The Committee divided:—Ayes 82; Noes 72: Majority 10.

Vote agreed to.

(12.) £11,695, Charity Commission.


said, that a report from this Commission ought to be made to the House, and then hon. Members might object to any of the schemes proposed by the Commissioners. At present their responsibility was frittered away, and rested nowhere. Large charities were daily disposed of, without any check. The course was that the Commissioners issued a certificate, which was confirmed as a matter of course by one of the secondary Courts of Chancery without further inquiry. In this way there was a divided authority without sufficient responsibility. If the charity Commis- sioners were referred to, and told that their certificate was final, they would say it was not; and, on the other hand, the Master of the Rolls or the Vice Chancellor felt that the duty of inquiry, and consequently the responsibility, rested with the Commissioners. In addition to this, persons in the locality who disapproved of the decision of the Commissioners had no means of appealing unless at their own expense. It would be much more satisfactory to have the cases reported to Parliament, before the Commissioners decided, instead of after. He might instance the case of the Bristol charities, where the decision of the Commissioners had been in direct opposition to the wish of the inhabitants. It was not a satisfactory arrangement that the solicitor to the Attorney and Soliciter General, and the solicitor to the Charity Commissioners, was one and the same person. He would suggest that a Bill should be brought in applying to all large charities.

Vote agreed to.

On the Vote of £26,275, to make up the sum required for Temporary Commissions.

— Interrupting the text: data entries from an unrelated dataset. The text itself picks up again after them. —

use crate::alter::{alter, node_of, put_behind};
use crate::kernels::{make, tell};
use crate::placed::{Spelled, list_of};
use crate::taken::{print_cards, print_refusal, take};
use crate::words::{bytes_of, digest};
use desk::{Desk, LEAST, Lengths};
use nodes::{BlockStore, Node, ReadStore, SliceStore};
use plane::{Kernel, RationalTip, WholeTip};
use runs::Turn;
use sheet::{Answer, Size, wording};
use std::alloc::{AllocError, Global};
use std::str::Split;

// The most nodes that a sheet can have: 2,050 at the bottom, and 6 for each of 1,024 vertices taken out.
const MOST_NODES: usize = 8194;

// The most bytes that a script may ask for: a thousand whole blocks, and one byte more.
const MOST_BYTES: u32 = 512_001;

/// What a board keeps its nodes in.
#[derive(Drop)]
enum Memory {
    /// Records, a node in each.
    Slots(Vec<Node>),
    /// Bytes, in blocks.
    Blocks(Vec<u8>),
}

/// A board with tables of its own, and with memory of which the first `used` nodes are in use.
// A store lends its memory only as long as a command is played, so between two of them a number stands for it.
#[derive(Drop)]
pub(crate) struct Table {
    desk: Desk,
    memory: Memory,
    used: usize,
}

impl Table {
    /// An empty Draft, over tables of these lengths and room for the nodes of every sheet.
    pub(crate) fn new(heap: Global, lengths: Lengths) -> Result<Table, AllocError> {
        let slots = vec![in heap; Node::default(); MOST_NODES]?;
        Ok(Table {
            desk: Desk::new(heap, lengths)?,
            memory: Memory::Slots(slots),
            used: 0,
        })
    }

    /// Plays one command, and prints its outcome.
    // A `match` and no table of functions: each command takes other words.
    pub(crate) fn play(&mut self, rt: &HostRuntime, line: &str) -> anyhow::Result<()> {
        let mut words = line.split(' ');
        // By `match`: `words.next().unwrap_or("")` was tried, and the borrow checker does not cover it in a closure.
        let mut next = || match words.next() {
            Some(word) => word,
            None => "",
        };
        match next() {
            "load" => self.load(rt, next()),
            "check" => self.take::<WholeTip>(rt, &Turn::Check, 0),
            "cut" => self.take::<WholeTip>(rt, &Turn::Cut, 0),
            "round" => self.take::<WholeTip>(rt, &Turn::Round, 0),
            "seal" => self.take::<WholeTip>(rt, &Turn::Seal, 0),
            "place" => self.place::<WholeTip>(rt, &mut words),
            "placeq" => self.place::<RationalTip>(rt, &mut words),
            "list" => self.list::<WholeTip>(rt, &mut words),
            "listq" => self.list::<RationalTip>(rt, &mut words),
            "wipe" => self.take::<WholeTip>(rt, &Turn::Wipe, 0),
            "alter" => {
                let said = match next() {
                    "nodes" => self.alter_nodes(next(), &mut words),
                    name => alter(&mut self.desk, name, next(), &mut words),
                };
                Ok(rt.println(said)?)
            }
            "whole" => tell::<WholeTip>(rt, &mut words),
            "rational" => tell::<RationalTip>(rt, &mut words),
            "make" => match next() {
                "whole" => make::<WholeTip>(rt, &mut words),
                "rational" => make::<RationalTip>(rt, &mut words),
                _ => Ok(rt.println("no such kernel")?),
            },
            "stage" => self.print_stage(rt),
            "short" => self.shorten(rt, next(), next()),
            "tables" => self.print_tables(rt),
            "wording" => print_wording(rt, next(), answer_of(next(), next(), next())),
            "capacity" => self.keep_in_slots(rt, next()),
            "blocks" => self.keep_in_blocks(rt, next()),
            "live" => self.print_live(rt),
            "cards" => self.print_cards(rt),
            _ => Ok(rt.println("unknown command")?),
        }
    }

    // Takes a turn on the board and a store over its memory; a list is lent a table for so many answers.
    fn take<K: Kernel>(
        &mut self,
        rt: &HostRuntime,
        turn: &Turn<'_, K>,
        entries: usize,
    ) -> anyhow::Result<()> {
        match &mut self.memory {
            Memory::Slots(slots) => {
                let mut store = SliceStore::over(slots.as_mut_slice(), self.used);
                take(rt, &mut self.desk, &mut store, turn, entries)?;
                self.used = store.count();
            }
            Memory::Blocks(bytes) => {
                let mut store = BlockStore::over(bytes.as_mut_slice(), self.used);
                take(rt, &mut self.desk, &mut store, turn, entries)?;
                self.used = store.count();
            }
        }
        Ok(())
    }

    fn load(&mut self, rt: &HostRuntime, hex: &str) -> anyhow::Result<()> {
        let Some(file) = bytes_of(rt.alloc(), hex)? else {
            return Ok(rt.println("no such bytes")?);
        };
        self.take::<WholeTip>(rt, &Turn::Load(file.as_slice()), 0)
    }

    // Places the tip that the next words spell.
    fn place<K: Kernel + Spelled + Drop>(
        &mut self,
        rt: &HostRuntime,
        words: &mut Split<'_, char>,
    ) -> anyhow::Result<()> {
        match K::read(words) {
            Some(tip) => self.take(rt, &Turn::Place(tip), 0),
            None => Ok(rt.println("no such number")?),
        }
    }

    // Answers the tips that the next words spell, into a table of so many entries as the first of them says.
    fn list<K: Kernel + Spelled + Drop>(
        &mut self,
        rt: &HostRuntime,
        words: &mut Split<'_, char>,
    ) -> anyhow::Result<()> {
        match list_of::<K>(rt.alloc(), words)? {
            Ok(listed) => self.take(rt, &Turn::List(listed.tips.as_slice()), listed.entries),
            Err(said) => Ok(rt.println(said)?),
        }
    }

    // The nodes in its memory.
    fn print_cards(&mut self, rt: &HostRuntime) -> anyhow::Result<()> {
        match &mut self.memory {
            Memory::Slots(slots) => {
                print_cards(rt, &SliceStore::over(slots.as_mut_slice(), self.used))
            }
            Memory::Blocks(bytes) => {
                print_cards(rt, &BlockStore::over(bytes.as_mut_slice(), self.used))
            }
        }
    }

    // Changes a node in its memory, and answers what is printed of it.
    fn alter_nodes(&mut self, entry: &str, words: &mut Split<'_, char>) -> &'static str {
        let (Ok(entry), Some(node)) = (entry.parse::<u16>(), node_of(words)) else {
            return "no such entry";
        };
        let before = usize::from(entry);
        match &mut self.memory {
            Memory::Slots(slots) => {
                put_behind(&mut SliceStore::over(slots.as_mut_slice(), before), node)
            }
            Memory::Blocks(bytes) => {
                put_behind(&mut BlockStore::over(bytes.as_mut_slice(), before), node)
            }
        }
    }

    // A new board, over records for so many nodes.
    fn keep_in_slots(&mut self, rt: &HostRuntime, count: &str) -> anyhow::Result<()> {
        let Ok(count) = count.parse::<u16>() else {
            return Ok(rt.println("no such capacity")?);
        };
        let heap = rt.alloc();
        let slots = vec![in heap; Node::default(); usize::from(count)]?;
        *self = Table {
            desk: Desk::new(heap, LEAST)?,
            memory: Memory::Slots(slots),
            used: 0,
        };
        Ok(rt.println("ok")?)
    }

    // A new board, over so many bytes for its nodes.
    fn keep_in_blocks(&mut self, rt: &HostRuntime, count: &str) -> anyhow::Result<()> {
        let Ok(count) = count.parse::<u32>() else {
            return Ok(rt.println("no such capacity")?);
        };
        let heap = rt.alloc();
        let bytes = vec![in heap; 0; count.min(MOST_BYTES) as usize]?;
        *self = Table {
            desk: Desk::new(heap, LEAST)?,
            memory: Memory::Blocks(bytes),
            used: 0,
        };
        Ok(rt.println("ok")?)
    }

    // The numbers of the live nodes.
    fn print_live(&self, rt: &HostRuntime) -> anyhow::Result<()> {
        rt.print("ok")?;
        for node in self.desk.live_nodes() {
            print!(rt; " {node}")?;
        }
        Ok(rt.println("")?)
    }

    fn print_stage(&self, rt: &HostRuntime) -> anyhow::Result<()> {
        let stage = self.desk.stage();
        println!(rt; "ok {stage:?}")?;
        Ok(())
    }

    // A new board, over tables of the least lengths but for one.
    fn shorten(&mut self, rt: &HostRuntime, name: &str, length: &str) -> anyhow::Result<()> {
        let Ok(length) = length.parse::<u16>() else {
            return Ok(rt.println("no such length")?);
        };
        let length = usize::from(length);
        let lengths = match name {
            "points" => Lengths {
                points: length,
                ..LEAST
            },
            "edges" => Lengths {
                edges: length,
                ..LEAST
            },
            "loops" => Lengths {
                loops: length,
                ..LEAST
            },
            "live" => Lengths {
                live: length,
                ..LEAST
            },
            "strokes" => Lengths {
                strokes: length,
                ..LEAST
            },
            _ => return Ok(rt.println("no such table")?),
        };
        *self = Table::new(rt.alloc(), lengths)?;
        Ok(rt.println("ok")?)
    }

    // The board's numbers, and a digest of what each table holds of the sheet.
    fn print_tables(&self, rt: &HostRuntime) -> anyhow::Result<()> {
        let Desk {
            points,
            edges,
            loops,
            ..
        } = &self.desk;
        let size = self.desk.size();
        let outside = if size.width == 0 { 0 } else { 4 };
        let points = points.iter().take(usize::from(size.inner) + outside);
        let edges = edges.iter().take(usize::from(size.corners) + outside);
        let loops = loops.iter().take(usize::from(size.loops));
        let points_digest = points.fold(0, |all, point| digest(all, &[point.x, point.y]));
        let edges_digest = edges.fold(0, |all, edge| digest(all, &[edge.from, edge.to]));
        let loops_digest = loops.fold(
            0,
            |all, entry| digest(all, &[entry.numeral, entry.start, entry.corners]),
        );
        let Size {
            width,
            height,
            inner,
            loops,
            corners,
        } = size;
        let live = self.desk.live_nodes().len();
        print!(rt; "ok {width} {height} {inner} {loops} {corners} {live} ")?;
        println!(rt; "points {points_digest} edges {edges_digest} loops {loops_digest}")?;
        Ok(())
    }
}

// The answer that a kind and two numbers stand for: the kinds are numbers here, since the words of a script are.
fn answer_of(kind: &str, a: &str, b: &str) -> Option<Answer> {
    let a = a.parse::<u16>().ok()?;
    let b = b.parse::<u16>().ok()?;
    match kind {
        "1" => Some(Answer::Vertex(a)),
        "2" => Some(Answer::OpenEdge(a, b)),
        "3" => Some(Answer::Face(a)),
        _ => None,
    }
}

fn print_wording(rt: &HostRuntime, hex: &str, answer: Option<Answer>) -> anyhow::Result<()> {
    let Some(file) = bytes_of(rt.alloc(), hex)? else {
        return Ok(rt.println("no such bytes")?);
    };
    let Some(answer) = answer else {
        return Ok(rt.println("no such answer")?);
    };
    match wording(file.as_slice(), answer) {
        Ok(None) => Ok(rt.println("ok none")?),
        Ok(Some(part)) => {
            let text = String::from_utf8_lossy(rt.alloc(), part.bytes)?;
            let place = part.place;
            println!(rt; "ok {place} {text}")?;
            Ok(())
        }
        Err(refusal) => print_refusal(rt, refusal),
    }
}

said, he wished to refer to the item of £750, for the West India Encumbered Estates Commission. Considering the benefits the West Indies derived from that Commission, he thought they ought to pay for it themselves. This was the principle that governed the Encumbered Estates Court Commission in Ireland, and he thought it ought to have a general application. He wished to know, too, how long the Decimal Coinage Commission was to go on. The Secretary stated in a letter of the 7th of February that the Commissioners had completed the taking of evidence, and expressed a hope that the final report would shortly be laid before her Majesty. The Commission appeared now to consist only of the Secretary and Assistant Secretary, and he did not see why their salaries should be paid for the whole year.


said, that since the West India Incumbered Commission had been founded few purchasers could be obtained for the deteriorated property, but he had no doubt that, when in course of time purchasers presented themselves and the West Indies began to feel the benefit of the Commission, the fees received would pay its expenses.

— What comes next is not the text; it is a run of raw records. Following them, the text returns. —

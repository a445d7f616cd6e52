//! What a run makes of the record count.

ghost use Rattle.std.specs.Prelude.{◌≡◌, ℕ, ◌<◌, List, max, true};
ghost use Rattle.std.specs.Int.{byte_len};
ghost use Rattle.nc_base.specs.declared.header.Header.{Header};
ghost use Rattle.nc_base.specs.declared.script.Script.{Script};
ghost use Rattle.nc_base.specs.declared.step.Mark.{Mark};
ghost use Rattle.serial_spec.specs.File.{read};
ghost use Rattle.serial_spec.specs.HeaderBytes.{count, count_width};
ghost use Rattle.serial_spec.specs.SoundHeaders.{is_sound};
ghost use Rattle.serial_spec.specs.History.{IsLegal};
ghost use Rattle.serial_spec.specs.Lawful.{is_lawful};
ghost use Rattle.serial_spec.specs.Records.{needed_by};
ghost use Rattle.serial_spec.specs.SerialEnd.{serial_from};
ghost use Rattle.whole_run_laws.specs.Completed.{completed_puts};

/// The record count at the end of a run is the greater of the old one and the greatest that a completed put needed; a request
/// that was cancelled or left needs none.
pub fn count_law()
    ensures greatest_needed { (script : Script) (header : Header) (file : List ℕ) (order : List Mark) → is_lawful script ≡ true → IsLegal script order
        → (serial_from script header file order).records ≡ max header.records (needed_by header (completed_puts script header file order)) }
{}

/// The header has the record count of the end where that grew; else the count's bytes are as they were.
pub fn field_law()
    ensures has_count { (script : Script) (header : Header) (file : List ℕ) (order : List Mark) → is_sound header ≡ true → is_lawful script ≡ true
        → IsLegal script order → header.records < (serial_from script header file order).records
        → read (serial_from script header file order).bytes 4 (byte_len (count_width header.version))
        ≡ count header.version (serial_from script header file order).records }
    ensures as_it_was { (script : Script) (header : Header) (file : List ℕ) (order : List Mark) → is_sound header ≡ true → is_lawful script ≡ true
        → IsLegal script order → (serial_from script header file order).records ≡ header.records
        → read (serial_from script header file order).bytes 4 (byte_len (count_width header.version)) ≡ read file 4 (byte_len (count_width header.version)) }
{}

said, he could inform the hon. Member for Poole (Mr. Danby Seymour) that the Decimal Coinage Commission was considered as terminated.

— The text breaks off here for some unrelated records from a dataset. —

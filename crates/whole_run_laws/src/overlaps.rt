//! What comes of puts that share a byte.

ghost use Rattle.std.specs.Prelude.{◌≡◌, ℕ, List, [], ◌∷◌, ◌++◌, length, true, None, Some, slice_get};
ghost use Rattle.nc_base.specs.declared.answer.Answer.{Answer};
ghost use Rattle.nc_base.specs.declared.answer.Pair.{Pair};
ghost use Rattle.nc_base.specs.declared.header.Header.{Header};
ghost use Rattle.nc_base.specs.declared.request.Call.{Call};
ghost use Rattle.nc_base.specs.declared.script.OverlapRule.TheVariants.{Refuse};
ghost use Rattle.nc_base.specs.declared.script.Script.{Script};
ghost use Rattle.nc_base.specs.declared.step.Mark.{Mark};
ghost use Rattle.nc_base.specs.declared.step.Mark.TheVariants.{Meet, Solo};
ghost use Rattle.nc_base.specs.declared.step.Offer.{Offer};
ghost use Rattle.nc_base.specs.declared.step.Reply.{Reply};
ghost use Rattle.serial_spec.specs.FileStep.{Counted, Setting, meeting, puts_of, solo, told};
ghost use Rattle.serial_spec.specs.History.{IsLegal};
ghost use Rattle.serial_spec.specs.Lawful.{is_lawful};
ghost use Rattle.serial_spec.specs.Lists.{In};
ghost use Rattle.serial_spec.specs.SerialEnd.{serial_from, state_after};
ghost use Rattle.serial_spec.specs.SharedByte.{IsSharedPair, IsUnshared, Puts, holdings};
ghost use Rattle.whole_run_laws.specs.Completed.{puts_met};
ghost use Rattle.whole_run_laws.specs.Told.{IsToldAt, meeting_call, told_at};

/// In one step every rank is told the same: the least byte that two of its puts' requests hold, with the two least of them, if
/// the rule is to refuse such puts, and else no pair.
pub fn telling_law()
    ensures one_each { (s : Setting) (offers : List Offer) (c : Counted) → length (meeting s offers c).1 ≡ length offers }
    ensures same_pair { (s : Setting) (offers : List Offer) (c : Counted) (y : Reply) → In (meeting s offers c).1 y → y.pair ≡ told s (puts_met offers) }
    ensures own_pair { (s : Setting) (r : ℕ) (o : Offer) (c : Counted) → (solo s r o c).1.pair ≡ told s (puts_of (r, o)) }
    ensures least { (s : Setting) (puts : Puts) (p : Pair) → told s puts ≡ Some p → IsSharedPair (holdings s.header puts) p }
    ensures no_shared_byte { (s : Setting) (puts : Puts) → s.overlap ≡ Refuse → told s puts ≡ None → (x : ℕ) → IsUnshared (holdings s.header puts) x }
    ensures refused { (s : Setting) (puts : Puts) (p : Pair) → told s puts ≡ Some p → s.overlap ≡ Refuse }
{}

/// A step whose ranks are told a pair leaves file and record count as they were; and at the end the answer of each rank to the call
/// by which it took part in a step has what that step tells.
pub fn overlap_law()
    ensures nothing_changes { (script : Script) (header : Header) (file : List ℕ) (before later : List Mark) (m : Mark) (p : Pair)
        → is_lawful script ≡ true → IsLegal script (before ++ m ∷ later) → told_at script header file before m ≡ Some p
        → (state_after script header file (before ++ m ∷ [])).0 ≡ (state_after script header file before).0 }
    ensures all_told { (script : Script) (header : Header) (file : List ℕ) (before later : List Mark) (k r : ℕ) (own : List Call) (answers : List Answer)
        → is_lawful script ≡ true → IsLegal script (before ++ Meet k ∷ later) → slice_get script.calls r ≡ Some own
        → slice_get (serial_from script header file (before ++ Meet k ∷ later)).answers r ≡ Some answers
        → IsToldAt answers (meeting_call k own) (told_at script header file before (Meet k)) }
    ensures one_told { (script : Script) (header : Header) (file : List ℕ) (before later : List Mark) (r c : ℕ) (answers : List Answer)
        → is_lawful script ≡ true → IsLegal script (before ++ Solo r c ∷ later)
        → slice_get (serial_from script header file (before ++ Solo r c ∷ later)).answers r ≡ Some answers
        → IsToldAt answers c (told_at script header file before (Solo r c)) }
{}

But are they to be paid for the whole year, when their labours are already completed?


said, there were some unpaid expenses included in the Vote.


said, the Committee ought to know whether this Vote was for work already done, or did it refer to the current year.


said, that nearly a million of money had been spent in the last few years on Commissions appointed offhand by that House.

It being now within ten minutes of Four o'clock, the House resumed.

Resolutions to be reported on Monday.